# Ultegra 6800 ferrules, lots of them - CXWrench, you there?



## deviousalex (Aug 18, 2010)

I'm installing an Ultegra 6800 group which came with a lot of different cable ferrules. 










#1 (left most) and #2 came on the pieces of housing shipped with the groupset. 

#3 has a notch in it. Does it go inside the shifter? I see there is a little horizontal place where it seem like it would go.

#4 has no notch and is similar to #2 but longer.

#2 & #3 & #4 has some variation between the size of the hole.

I have no idea what #5 is. Is this to create a sealed shifting system?

#6 & #7. These look like they would go into the rear brake caliper. Only noticeable different is the length of the black bit at the end.

The instructions that came with the shifters did not describe how any of this works of course.

Thanks in advance for help.


----------



## cxwrench (Nov 9, 2004)

I don't normally use all of the Shimano ferrules cuz they've got o-rings which can cause a little too much drag. But, let me see if I can figure out what you've got. 
#1 normal ferrule, prob used where housing goes into frame or on down tube stops. 
#2 into barrel adjuster on rear der because the cable makes a sharp bend coming out of barrel adjuster to anchor bolt.
#3 as you thought, in the shifter.
#4 on chain stay, front of the last bit of housing to derailleur. rubber thing goes over end like you thought to 'seal' it there.
#6/7 are prob for brakes as you though. not sure about difference. 

I've never seen any instructions on their placement either. Maybe someone else will chime in if they know something I don't know. I haven't had time to keep up on my S-Tec training (the videos are sooooo exciting...) so there may be something there to explain. I'll check and let you know if I find anything.


----------



## goodboyr (Apr 19, 2006)

Ask, and you shall receive...(I only said this because I've been watching too many Easter/Passover movies this weekend!)

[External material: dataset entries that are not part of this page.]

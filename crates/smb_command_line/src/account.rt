//! The command `account`: its words, and what they ask for.

use crate::options::{CommandRow, Needed, OptionRow, Takes};
use clap::ArgMatches;

/// The end of the help of `account`.
const HELP: &str =
    "FILE is a file of accounts as `serve` takes it, its owner's alone; `add` makes it where there is none. All else in it
stays as it is, and each change is whole or not at all. It is for the next start of `serve`. Names that differ in the
case of letters alone are one.

The password is the one line of standard input, in UTF-8, and never a word of the command line; the script
smbshare-account asks for it unseen.

Examples:
  printf %s Password | smbshare account add accounts.toml ann --readonly
  printf %s Password | smbshare account password accounts.toml ann
  smbshare account remove accounts.toml ann
  smbshare account list accounts.toml";

/// What is done.
const ACTION: OptionRow = OptionRow {
    name: "action",
    takes: Takes::FirstWord("ACTION", &["add", "remove", "password", "list"]),
    needed: Needed::Always,
    bars: &[],
    help: "What to do: add or remove an account, give it another password, or list all",
};

/// The file.
const FILE: OptionRow = OptionRow {
    name: "file",
    takes: Takes::Second("FILE"),
    needed: Needed::Always,
    bars: &[],
    help: "The file of accounts",
};

/// The account.
const NAME: OptionRow = OptionRow {
    name: "name",
    takes: Takes::Third("NAME"),
    needed: Needed::Never,
    bars: &[],
    help: "The account's name; of all but list",
};

/// What the account may do.
const READONLY: OptionRow = OptionRow {
    name: "readonly",
    takes: Takes::Nothing,
    needed: Needed::Never,
    bars: &[],
    help: "Adds an account that may only read",
};

/// The command.
pub(crate) const ACCOUNT: CommandRow = CommandRow {
    name: "account",
    about: "Adds, removes or lists accounts of a file, or gives one another password, read from standard input",
    examples: HELP,
    options: &[ACTION, FILE, NAME, READONLY],
};

/// What is done with a file of accounts.
#[derive(Clone, Copy, Debug)]
pub enum AccountAction<'a> {
    /// An account of this name is added.
    Add { name: &'a str, read_only: bool },
    /// The account of this name is taken away.
    Remove { name: &'a str },
    /// The account of this name gets another password.
    Password { name: &'a str },
    List,
}

/// What the words of `account` ask for.
#[derive(Clone, Copy, Debug)]
pub struct AccountWords<'a> {
    /// The file's name.
    pub file: &'a str,
    pub action: AccountAction<'a>,
}

/// What is asked for of the account of a name, or of all.
fn action_of<'a>(
    action: &str,
    name: Option<&'a str>,
    read_only: bool,
) -> Result<AccountAction<'a>, &'static str> {
    match (action, name) {
        ("list", None) => Ok(AccountAction::List),
        ("list", Some(_)) => Err("`account list` takes no NAME"),
        (_, None) => Err("`account add`, `account remove` and `account password` want a NAME"),
        ("add", Some(name)) => Ok(AccountAction::Add { name, read_only }),
        ("remove", Some(name)) => Ok(AccountAction::Remove { name }),
        (_, Some(name)) => Ok(AccountAction::Password { name }),
    }
}

/// What the words of `account` ask for; where they do not go together, what is wrong with them.
pub fn account_of<'a>(words: &ArgMatches<'a>) -> Result<AccountWords<'a>, &'static str> {
    let read_only = words.get_flag("readonly");
    let action = words.get_str("action").unwrap_or("");
    if read_only && action != "add" {
        return Err("--readonly is only taken by `account add`");
    }
    Ok(AccountWords {
        file: words.get_str("file").unwrap_or(""),
        action: action_of(action, words.get_str("name"), read_only)?,
    })
}
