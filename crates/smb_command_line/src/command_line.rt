//! The words of the command line as the system has them: a file's name need not be text.

use std::alloc::{AllocError, Global};
use std::env::{Env, FillError};

/// How many bytes Linux lets a word have at most.
const LONGEST_WORD: usize = 131_072;

/// A file that a command is given by an option.
#[derive(Clone, Copy, Debug, PartialEq, Eq)]
pub enum FileOption {
    Config,
    Accounts,
}

impl FileOption {
    /// The option's name, as the command line's matches know it.
    pub fn id(self) -> &'static str {
        match self {
            FileOption::Config => "config",
            FileOption::Accounts => "accounts",
        }
    }

    /// The option as a word, before the file's name in the next one.
    fn word(self) -> &'static str {
        match self {
            FileOption::Config => "--config",
            FileOption::Accounts => "--accounts",
        }
    }

    /// The option as the front of a word with the file's name.
    fn front(self) -> &'static [u8] {
        match self {
            FileOption::Config => b"--config=",
            FileOption::Accounts => b"--accounts=",
        }
    }
}

/// The words of a command line.
#[derive(Drop)]
pub struct CommandLine {
    /// The words as text. Of a file's name that is not UTF-8 it is what can be shown of it.
    pub words: Vec<String>,
    /// The name of the configuration's file, where it is not UTF-8.
    config: Option<Vec<u8>>,
    /// The name of the accounts' file, where it is not UTF-8.
    accounts: Option<Vec<u8>>,
}

impl CommandLine {
    /// The command line of this run; None where a word is not UTF-8 that is no file's name.
    pub fn read(rt: &HostRuntime) -> Result<Option<Self>, AllocError> {
        let alloc = rt.alloc();
        let mut line = CommandLine {
            words: Vec::new(alloc),
            config: None,
            accounts: None,
        };
        let mut word = Vec::new(alloc);
        word.resize(LONGEST_WORD, 0u8)?;
        for number in 0..usize::MAX {
            match rt.arg(number, &mut word) {
                Ok(length) if line.add(alloc, &word[..length])? => {}
                Err(FillError::NotPresent) => return Ok(Some(line)),
                _ => return Ok(None),
            }
        }
        Ok(None)
    }

    /// The name of a file, where it is not UTF-8.
    pub fn file_name(&self, option: FileOption) -> Option<&[u8]> {
        let name = match option {
            FileOption::Config => &self.config,
            FileOption::Accounts => &self.accounts,
        };
        name.as_ref().map(|name| name.as_slice())
    }

    /// Adds a word; false where it is not UTF-8 and no file's name.
    fn add(&mut self, alloc: Global, word: &[u8]) -> Result<bool, AllocError> {
        if std::str::from_utf8(word).is_err() {
            let Some((option, name)) = self.file_in(word) else {
                return Ok(false);
            };
            let name = Some(Vec::from_slice(alloc, name)?);
            match option {
                FileOption::Config => self.config = name,
                FileOption::Accounts => self.accounts = name,
            }
        }
        self.words.push(String::from_utf8_lossy(alloc, word)?)?;
        Ok(true)
    }

    /// The file's name that the next word brings, and the option that it belongs to.
    fn file_in<'a>(&self, word: &'a [u8]) -> Option<(FileOption, &'a [u8])> {
        for option in [FileOption::Config, FileOption::Accounts] {
            let is_named = match self.words.last() {
                Some(last) => last.as_str() == option.word(),
                None => false,
            };
            if is_named {
                return Some((option, word));
            }
            if let Some(name) = word.strip_prefix(option.front()) {
                return Some((option, name));
            }
        }
        None
    }
}
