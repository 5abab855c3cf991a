//! The options of commands, as rows of a table.

use clap::builder::ValueParser;
use clap::{Arg, ArgAction, Command};
use std::alloc::{AllocError, Global};

/// What an option takes, with the name that its help gives the value.
#[derive(Clone, Copy)]
pub(crate) enum Takes {
    /// Nothing: the option is there, or it isn't.
    Nothing,
    Text(&'static str),
    /// A text each time that it is there.
    Texts(&'static str),
    /// A text that may begin with a hyphen and a digit, so that it is not taken for another option.
    Size(&'static str),
    /// One of these words.
    Word(&'static str, &'static [&'static str]),
    /// A number, this one at least.
    Number(&'static str, u64),
    /// A number above 0, this one at most.
    NumberUpTo(&'static str, u64),
    /// A text, in the first place behind the command, and not behind the option's name.
    First(&'static str),
    /// One of these words, in the first place behind the command.
    FirstWord(&'static str, &'static [&'static str]),
    /// A text, in the second place behind the command.
    Second(&'static str),
    /// A text, in the third place behind the command.
    Third(&'static str),
}

/// When an option has to be there.
#[derive(Clone, Copy)]
pub(crate) enum Needed {
    Never,
    Always,
    /// Where another option has this value.
    With(&'static str, &'static str),
}

/// An option of a command.
#[derive(Clone, Copy)]
pub(crate) struct OptionRow {
    /// Without the two hyphens before it.
    pub(crate) name: &'static str,
    pub(crate) takes: Takes,
    pub(crate) needed: Needed,
    /// The options beside which it is not taken.
    pub(crate) bars: &'static [&'static str],
    pub(crate) help: &'static str,
}

/// A command, with its options in the order of its help.
#[derive(Clone, Copy)]
pub(crate) struct CommandRow {
    pub(crate) name: &'static str,
    pub(crate) about: &'static str,
    /// The end of its help.
    pub(crate) examples: &'static str,
    pub(crate) options: &'static [OptionRow],
}

/// An option that takes this.
fn taking<'a>(arg: Arg<'a>, name: &'static str, takes: Takes) -> Arg<'a> {
    match takes {
        Takes::Nothing => arg.long(name).action(ArgAction::SetTrue),
        Takes::Text(value) => arg.long(name).value_name(value),
        Takes::Texts(value) => arg.long(name).value_name(value).action(ArgAction::Append),
        Takes::Size(value) => arg
            .long(name)
            .value_name(value)
            .allow_negative_numbers(true),
        Takes::Word(value, words) => arg
            .long(name)
            .value_name(value)
            .value_parser(ValueParser::Names(words)),
        Takes::Number(value, least) => arg
            .long(name)
            .value_name(value)
            .value_parser(ValueParser::Unsigned(least, u64::MAX)),
        Takes::NumberUpTo(value, most) => arg
            .long(name)
            .value_name(value)
            .value_parser(ValueParser::Unsigned(1, most)),
        Takes::First(value) => arg.index(1).value_name(value),
        Takes::FirstWord(value, words) => arg
            .index(1)
            .value_name(value)
            .value_parser(ValueParser::Names(words)),
        Takes::Second(value) => arg.index(2).value_name(value),
        Takes::Third(value) => arg.index(3).value_name(value),
    }
}

/// An option that has to be there then.
fn requiring<'a>(arg: Arg<'a>, needed: Needed) -> Result<Arg<'a>, AllocError> {
    match needed {
        Needed::Never => Ok(arg),
        Needed::Always => Ok(arg.required(true)),
        Needed::With(option, value) => arg.required_if_eq(option, value),
    }
}

/// The option of a row.
fn option_of<'a>(alloc: Global, row: &OptionRow) -> Result<Arg<'a>, AllocError> {
    let arg = taking(
        Arg::new(alloc, row.name).help(row.help),
        row.name,
        row.takes,
    );
    requiring(arg, row.needed)?.conflicts_with_all(row.bars)
}

/// The command of a row.
pub(crate) fn command_of<'a>(alloc: Global, row: &CommandRow) -> Result<Command<'a>, AllocError> {
    let mut command = Command::new(alloc, row.name)
        .about(row.about)
        .after_help(row.examples);
    for option in row.options {
        command = command.arg(option_of(alloc, option)?)?;
    }
    Ok(command)
}
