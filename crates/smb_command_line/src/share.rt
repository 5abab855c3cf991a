//! The words of `share`.

use super::clients::{HOSTS, PER_ADDRESS};
use super::commands::SKIP;
use super::options::{CommandRow, Needed, OptionRow, Takes};

/// The end of its help.
const SHARE_HELP: &str =
    "The passwords are read from standard input or the file of --passwords, one a line, in the order of --account.
Without an account everyone on this machine comes in as a guest. All who come in may write. Files are held in memory:
changes are lost at the end, and never made in FOLDER, unless --journal keeps them.

Examples, for everyone on this machine, and for ann from others:
  smbshare share FOLDER
  printf '%s\\n' Password | smbshare share FOLDER --account ann --listen 0.0.0.0:4450 --journal a.journal";

/// The folder.
const FOLDER: OptionRow = OptionRow {
    name: "folder",
    takes: Takes::First("FOLDER"),
    needed: Needed::Always,
    bars: &[],
    help: "The folder whose files are served; it is never changed",
};

/// The share's name.
const NAME: OptionRow = OptionRow {
    name: "name",
    takes: Takes::Text("NAME"),
    needed: Needed::Never,
    bars: &[],
    help: "The share's name [default: the last name of FOLDER]",
};

/// Who may log in.
const ACCOUNT: OptionRow = OptionRow {
    name: "account",
    takes: Takes::Texts("NAME"),
    needed: Needed::Never,
    bars: &[],
    help: "Who may come in by a password; again for each account [default: guests alone]",
};

/// Their passwords.
const PASSWORDS: OptionRow = OptionRow {
    name: "passwords",
    takes: Takes::Text("FILE"),
    needed: Needed::Never,
    bars: &[],
    help: "The accounts' passwords, one a line [default: standard input]",
};

/// Guests.
const GUESTS: OptionRow = OptionRow {
    name: "guests",
    takes: Takes::Nothing,
    needed: Needed::Never,
    bars: &[],
    help: "Lets in guests from other machines, and beside accounts",
};

/// How much room there is.
const CAPACITY: OptionRow = OptionRow {
    name: "capacity",
    takes: Takes::Size("SIZE"),
    needed: Needed::Never,
    bars: &[],
    help: "The room for all files, in bytes or with KiB, MiB, GiB or TiB, such as 10GiB [default: 64MiB more than FOLDER takes]",
};

/// An address.
const LISTEN: OptionRow = OptionRow {
    name: "listen",
    takes: Takes::Texts("ADDR"),
    needed: Needed::Never,
    bars: &[],
    help: "The IP address and port to listen on; again for each address [default: 127.0.0.1:4450]",
};

/// A journal.
const JOURNAL: OptionRow = OptionRow {
    name: "journal",
    takes: Takes::Text("FILE"),
    needed: Needed::Never,
    bars: &[],
    help: "Keeps the share's files in FILE, before what changes them is answered; where FILE exists, begins with its files and not with FOLDER",
};

/// The command.
pub(crate) const SHARE: CommandRow = CommandRow {
    name: "share",
    about: "Serves a folder's files over TCP, by a configuration that is made for them",
    examples: SHARE_HELP,
    options: &[
        FOLDER,
        NAME,
        ACCOUNT,
        PASSWORDS,
        GUESTS,
        CAPACITY,
        LISTEN,
        HOSTS,
        PER_ADDRESS,
        JOURNAL,
        SKIP,
    ],
};
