//! Credentials: files that systemd hands to a service. Since its version 254 they belong to root, and an ACL lets the service's user
//! read them.

use std::env::Env;

/// The environment variable that names the folder of a service's credentials.
const FOLDER: &str = "CREDENTIALS_DIRECTORY";

/// How many bytes of its value there may be; a longer one names no folder here.
const LONGEST_FOLDER: usize = 4_096;

/// Whether a word can be the name of a file in a folder.
fn is_file_name(word: &[u8]) -> bool {
    let is_folder = word == b".".as_slice() || word == b"..".as_slice();
    !word.is_empty() && !is_folder && !word.contains(&b'/')
}

/// Whether a path is that of a file directly in a folder, both by their text. A folder's path begins at the root.
fn is_directly_in(folder: &[u8], path: &[u8]) -> bool {
    let folder = folder.strip_suffix(b"/").unwrap_or(folder);
    if !folder.starts_with(b"/") {
        return false;
    }
    let Some(behind) = path.strip_prefix(folder) else {
        return false;
    };
    match behind.strip_prefix(b"/") {
        Some(name) => is_file_name(name),
        None => false,
    }
}

/// Whether a path is that of a credential: of a file directly in the folder that the environment names for them.
pub fn is_credential(rt: &HostRuntime, path: &[u8]) -> bool {
    let mut folder = [0u8; LONGEST_FOLDER];
    match rt.var(FOLDER, &mut folder) {
        Ok(length) => is_directly_in(&folder[..length], path),
        Err(_) => false,
    }
}
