//! The words of the program's command line, and the texts of the files that they name.
//!
//! ```text
//!    CommandLine   the words as the system has them: a file's name need not be text
//!    command       which commands there are, each with its options and its help
//!    login_of      how clients log in by them, where they go together
//!    account_of    what `account` is asked for
//!    Texts         the configuration and the accounts, out of the files that the words name
//! ```
//!
//! That the calls are safe and return is proved. Which words are taken, and what is said of others, is tested
//! (tests/words).
#![tactic(auto)]

mod account;
mod clients;
mod command_line;
mod commands;
mod credential;
mod login;
mod mode;
mod named_file;
mod options;
mod share;
mod texts;

pub use account::{AccountAction, AccountWords, account_of};
pub use command_line::{CommandLine, FileOption};
pub use commands::command;
pub use login::{Login, NtlmWords, login_of};
pub use named_file::NamedFile;
pub use texts::Texts;
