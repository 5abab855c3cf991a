//! Where a journal's bytes are read.

ghost use Rattle.std.specs.Prelude.{◌≡◌, OnOk, take, length, not, nat_lt};
ghost use Rattle.smb_recovery.specs.Source.{IsTakenFrom};

use smb_reason::Reason;
use std::io::ErrorKind;

/// Bytes that are read once, from the first to the last. How many there are need not be known before.
pub trait Source {
    ghost use Rattle.std.specs.Prelude.{ℕ, List, Bool};

    /// The bytes that were read so far, from the first on.
    ghost read: { Self → List ℕ };

    /// Whether it has ended: then it gives no more.
    ghost ended: { Self → Bool };

    /// Adds the next `count` bytes behind those of `bytes`; fewer only where the source has ended then.
    ///
    /// `count` may be far more than there is: the memory is that of the bytes that are added. A reason is that of a
    /// read, or of an allocation, that was refused; then nothing is known of what was added and of what was read.
    fn take(&mut self, count: u64, bytes: &mut Vec<u8>) -> Result<(), Reason>
        ensures { OnOk result (IsTakenFrom count bytes.old.items bytes.new.items
            (read self.old) (read self.new) (ended self.old) (ended self.new)) };
}

/// Bytes in memory, for trials.
#[derive(Clone, Copy, Debug)]
pub struct MemorySource<'a> {
    bytes: &'a [u8],
    // How many of them were read.
    position: usize,
}

impl<'a> MemorySource<'a> {
    /// All of these bytes are to be read.
    pub fn of(bytes: &'a [u8]) -> MemorySource<'a>
        ensures bytes { result.bytes.now ≡ bytes.now }
        ensures position { result.position ≡ 0 }
    {
        MemorySource { bytes, position: 0 }
    }
}

impl Source for MemorySource<'_> {
    ghost read = { λ source. take source.position source.bytes.now };

    ghost ended = { λ source. not (nat_lt source.position (length source.bytes.now)) };

    fn take(&mut self, count: u64, bytes: &mut Vec<u8>) -> Result<(), Reason> {
        let start = self.position.min(self.bytes.len());
        let (_, left) = self.bytes.split_at(start);
        let size = count.min(left.len() as u64) as usize;
        let (part, _) = left.split_at(size);
        if bytes.extend_from_slice(part).is_err() {
            return Err(Reason(ErrorKind::OutOfMemory));
        }
        self.position = start + size;
        Ok(())
    }
}
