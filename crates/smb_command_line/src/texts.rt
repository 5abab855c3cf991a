//! The texts that a command is given in files.

use crate::command_line::{CommandLine, FileOption};
use crate::named_file::NamedFile;
use clap::ArgMatches;
use smb_config::{BUILT_IN, ConfigFault, read_config};
use smb_replay::CommandFault;
use std::alloc::{AllocError, Global};

/// The texts of a command's files.
#[derive(Drop)]
pub struct Texts {
    pub config: String,
    /// Whether that is the one that is built in.
    pub is_built_in: bool,
    /// Whether everyone may write to its file.
    pub everyone_writes: bool,
    /// The accounts; None where no file of them is named.
    pub accounts: Option<String>,
}

/// The name of a file, where the words have one.
fn name_of<'a>(
    line: &'a CommandLine,
    words: &'a ArgMatches<'_>,
    option: FileOption,
) -> Option<&'a [u8]> {
    match line.file_name(option) {
        Some(name) => Some(name),
        None => Some(words.get_str(option.id())?.as_bytes()),
    }
}

/// The text of a file of accounts, which nobody but its owner has a right to.
fn accounts_text(rt: &HostRuntime, name: &[u8]) -> Result<String, ConfigFault> {
    read_config(rt.alloc(), NamedFile::open_private(rt, name)?)
}

impl Texts {
    /// No texts but the configuration that is built in.
    pub fn built_in(alloc: Global) -> Result<Self, AllocError> {
        Ok(Texts {
            config: String::from_str(alloc, BUILT_IN)?,
            is_built_in: true,
            everyone_writes: false,
            accounts: None,
        })
    }

    /// The texts of the files that the words name; of the configuration the built-in one where they name none.
    pub fn read(
        rt: &HostRuntime,
        line: &CommandLine,
        words: &ArgMatches<'_>,
    ) -> Result<Self, CommandFault> {
        let mut texts = Texts::built_in(rt.alloc())?;
        if let Some(name) = name_of(line, words, FileOption::Config) {
            let file = NamedFile::open(name)?;
            texts.everyone_writes = file.is_writable(rt);
            texts.config = read_config(rt.alloc(), file)?;
            texts.is_built_in = false;
        }
        if let Some(name) = name_of(line, words, FileOption::Accounts) {
            let accounts = accounts_text(rt, name).map_err(CommandFault::of_accounts)?;
            texts.accounts = Some(accounts);
        }
        Ok(texts)
    }

    /// The text of the accounts, where there is one.
    pub fn accounts(&self) -> Option<&str> {
        self.accounts.as_ref().map(|text| text.as_str())
    }
}
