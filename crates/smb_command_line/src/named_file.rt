//! A file under a name that need not be text.

use crate::credential::is_credential;
use crate::mode::{Others, everyone_writes, others_of};
use smb_config::{ConfigFault, ConfigRule};
use std::io;
use std::io::Read;

/// A file that is open for reading.
pub struct NamedFile {
    descriptor: i32,
}

/// Why the last call of the system failed.
fn last_error() -> io::Error {
    io::Error::from_raw_os_error(os::errno())
}

impl NamedFile {
    /// Opens a file.
    pub fn open(name: &[u8]) -> Result<Self, ConfigFault> {
        let descriptor = os::open_read(name);
        if descriptor >= 0 {
            return Ok(NamedFile { descriptor });
        }
        Err(ConfigFault::from(last_error().kind()))
    }

    /// Opens a file that nobody but its owner has a right to, or a credential of a service of systemd, which its group or whom an ACL
    /// names may read too; any other breaks [`ConfigRule::Mode`].
    pub fn open_private(rt: &HostRuntime, name: &[u8]) -> Result<Self, ConfigFault> {
        let file = Self::open(name)?;
        match others_of(rt, file.descriptor) {
            Ok(Others::Nobody) => Ok(file),
            Ok(Others::Readers) if is_credential(rt, name) => Ok(file),
            Ok(_) => Err(ConfigFault::Refused(ConfigRule::Mode)),
            Err(error) => Err(ConfigFault::from(error.kind())),
        }
    }

    /// Whether everyone may write to the file; false where that cannot be seen.
    pub fn is_writable(&self, rt: &HostRuntime) -> bool {
        everyone_writes(rt, self.descriptor).unwrap_or(false)
    }
}

impl Read for NamedFile {
    fn read(&mut self, buf: &mut [u8]) -> io::Result<usize> {
        match usize::try_from(libc::read(self.descriptor, buf)) {
            Ok(count) => Ok(count),
            Err(_) => Err(last_error()),
        }
    }
}

impl Drop for NamedFile {
    fn drop(self) {
        let NamedFile { descriptor } = self;
        libc::close(descriptor);
    }
}
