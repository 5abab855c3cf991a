//! The files that a journal keeps.

ghost use Rattle.std.specs.Prelude.{◌≡◌, ◌≤◌, ◌+◌, ◌++◌, ℕ, List, false, true, [], OnOk, IfOk, IfErr, length};
ghost use Rattle.smb_changes.specs.Batches.{recovered, is_damaged};
ghost use Rattle.smb_recovery.specs.Recovering.{IsReadUpTo, SaysWhy};
ghost use Rattle.smb_recovery.specs.Steps.{IsFull, IsStep, IsReadTo, IsReadOut, IsEnd, refusal_of};

use super::batch::{apply_all, take_batch};
use super::fault::RecoveryFault;
use super::rest::{begins_torn, take_zeros};
use super::source::Source;
use smb_changes::read_batch;
use smb_held_files::{HeldFiles, HoldFault};
use std::alloc::Global;

/// What is recovered of a journal's bytes.
#[derive(Drop)]
pub struct Recovered {
    /// The files that the whole batches make.
    pub files: HeldFiles,
    /// How many bytes the whole batches are.
    pub whole: u64,
    /// The number of the batch that is to come behind them.
    pub number: u64,
    /// The seed of that batch.
    pub seed: u64,
    /// How many bytes lie behind the whole batches: what a lost end leaves.
    pub cut: u64,
}

// What is answered where a change of the batch of this number is not made.
fn refusal(number: u64, fault: HoldFault) -> RecoveryFault
    ensures { result ≡ refusal_of number fault }
{
    match fault {
        HoldFault::NoMemory => RecoveryFault::NoMemory,
        fault => RecoveryFault::NotHeld { number, fault },
    }
}

// Takes a batch and makes its changes; false where there is no whole one.
fn take_next<S: Source>(
    source: &mut S,
    buffer: &mut Vec<u8>,
    found: &mut Recovered,
) -> Result<bool, RecoveryFault>
    requires { found.old.number ≤ found.old.whole + 1 }
    ensures read { OnOk result (S.read source.new ≡ S.read source.old ++ buffer.new.items) }
    ensures full { OnOk result (IsFull found.old.seed found.old.number buffer.new.items (S.ended source.new)) }
    ensures step { IfOk result (λ more. IsStep more found.old found.new buffer.new.items) }
    ensures why { IfErr result (λ fault. (first : ℕ) → IsReadTo first (S.read source.old) [] found.old →
        (later : List ℕ) → SaysWhy first (S.read source.new ++ later) fault) }
{
    take_batch(source, buffer, found.seed, found.number)?;
    let Some(batch) = read_batch(found.seed, found.number, buffer) else {
        return Ok(false);
    };
    let number = found.number;
    if let Err(fault) = apply_all(&mut found.files, batch.changes) {
        return Err(refusal(number, fault));
    }
    let Some(whole) = found.whole.checked_add(buffer.len() as u64) else {
        return Err(RecoveryFault::TooLong);
    };
    found.whole = whole;
    found.number = number + 1;
    found.seed = batch.seed;
    Ok(true)
}

// Takes whole batches, and makes their changes, until there is none.
fn take_all<S: Source>(
    alloc: Global,
    source: &mut S,
    buffer: &mut Vec<u8>,
    seed: u64,
) -> Result<Recovered, RecoveryFault>
    requires { S.read source.old ≡ [] }
    ensures read { IfOk result
        (λ found. IsReadOut seed (S.read source.new) buffer.new.items found (S.ended source.new)) }
    ensures why { IfErr result
        (λ fault. (later : List ℕ) → SaysWhy seed (S.read source.new ++ later) fault) }
{
    let mut found = Recovered {
        files: HeldFiles::new(alloc),
        whole: 0,
        number: 1,
        seed,
        cut: 0,
    };
    loop {
        match take_next(source, buffer, &mut found) {
            Ok(true) => {}
            Ok(false) => return Ok(found),
            Err(fault) => return Err(fault),
        }
    }
}

// Reads what is left to its end, where the buffer has what was taken for a batch and is no whole one.
fn finish<S: Source>(
    source: &mut S,
    buffer: &mut Vec<u8>,
    found: Recovered,
) -> Result<Recovered, RecoveryFault>
    requires { IsFull found.seed found.number buffer.old.items (S.ended source.old) }
    ensures done { IfOk result (λ done. IsEnd found done buffer.old.items
        (S.read source.old) (S.read source.new) (S.ended source.old)) }
    ensures ended { OnOk result (S.ended source.new ≡ true) }
    ensures why { IfErr result (λ fault. (first : ℕ) →
        IsReadOut first (S.read source.old) buffer.old.items found (S.ended source.old) →
        (later : List ℕ) → SaysWhy first (S.read source.new ++ later) fault) }
{
    let damaged = RecoveryFault::Damaged {
        number: found.number,
        place: found.whole,
    };
    if !begins_torn(found.seed, found.number, buffer) {
        return Err(damaged);
    }
    let begun = buffer.len() as u64;
    let zeros = match take_zeros(source, buffer) {
        Ok(Some(zeros)) => zeros,
        Ok(None) => return Err(damaged),
        Err(fault) => return Err(fault),
    };
    let Some(cut) = begun.checked_add(zeros) else {
        return Err(RecoveryFault::TooLong);
    };
    Ok(Recovered { cut, ..found })
}

/// The files that the bytes of a source keep, of which nothing was read: it is read to its end.
///
/// The first `whole` bytes are the whole batches with which they begin, the first with this seed, and the files are
/// those that their changes make (`written`): what `recovered` of `smb_changes` says of all the bytes that were read
/// (`files`). The `cut` bytes behind them are what a lost end leaves of one batch (`undamaged`).
///
/// The memory is that of the files and of one batch, but no more than the bytes that are there. After an error the
/// source is read up to some byte.
///
/// # Errors
///
/// The last three come only where `why` says so of the bytes that were read, whatever may follow these.
///
/// - [`RecoveryFault::NoMemory`] where there is no memory for a change.
/// - [`RecoveryFault::Refused`] where a read, or the memory for what it gives, is refused.
/// - [`RecoveryFault::NotHeld`] where a change says what no share can have.
/// - [`RecoveryFault::Damaged`] where what lies behind the whole batches is not what a lost end leaves.
/// - [`RecoveryFault::TooLong`] past 2^64 - 1 bytes.
pub fn recover<S: Source>(
    alloc: Global,
    source: &mut S,
    seed: u64,
) -> Result<Recovered, RecoveryFault>
    requires { S.read source.old ≡ [] }
    ensures files { IfOk result (λ found. found.files ≡ recovered seed (S.read source.new)) }
    ensures written { IfOk result
        (λ found. IsReadUpTo seed (S.read source.new) found.files found.whole found.number found.seed) }
    ensures all { IfOk result (λ found. found.whole + found.cut ≡ length (S.read source.new)) }
    ensures undamaged { OnOk result (is_damaged seed (S.read source.new) ≡ false) }
    ensures why { IfErr result
        (λ fault. (later : List ℕ) → SaysWhy seed (S.read source.new ++ later) fault) }
    ensures ended { OnOk result (S.ended source.new ≡ true) }
{
    let mut buffer = Vec::new(alloc);
    match take_all(alloc, source, &mut buffer, seed) {
        Ok(found) => match finish(source, &mut buffer, found) {
            Ok(done) => Ok(done),
            Err(fault) => Err(fault),
        },
        Err(fault) => Err(fault),
    }
}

https://www.paul-lange.de/support/shimano/explosionszeichnungen_archiv/SM//Small_Parts-1327R.pdf

And in this manual, it shows where they go:

http://si.shimano.com/php/download.php?file=pdf/dm/DM-ST0002-04-ENG.pdf


----------



## deviousalex (Aug 18, 2010)

Awesome thanks a lot guys.


----------



## nhluhr (Sep 9, 2010)

A quick reference:










Note, on the most recent ST9001 kit I received, the ferrule that fits into the rear derailleur was actually a metal one with the plastic tip that slots in and protects the cable from fraying its poly coating over the edge of the outlet. I'm sure people have seen this on the early 11spd setups: https://cdn.mos.bikeradar.imdserve....et/road/1355309022683-4tndihlq363q-700-80.jpg

The new ones have that little plastic nipple inside the metal ferrule which reduces that.


----------



## mikiek (Aug 18, 2014)

Jeez - after seeing this now I am wondering. Just replaced the shifter cables on a Ultegra 6800 using OT-SP41 shifter cable set. The ferrules included are nothing like what you are showing. There is 1 resin ferrule and 5 aluminum ferrules and none of them have that skinny tube coming out of them. The OE ferrules (all resin) did have the tubes.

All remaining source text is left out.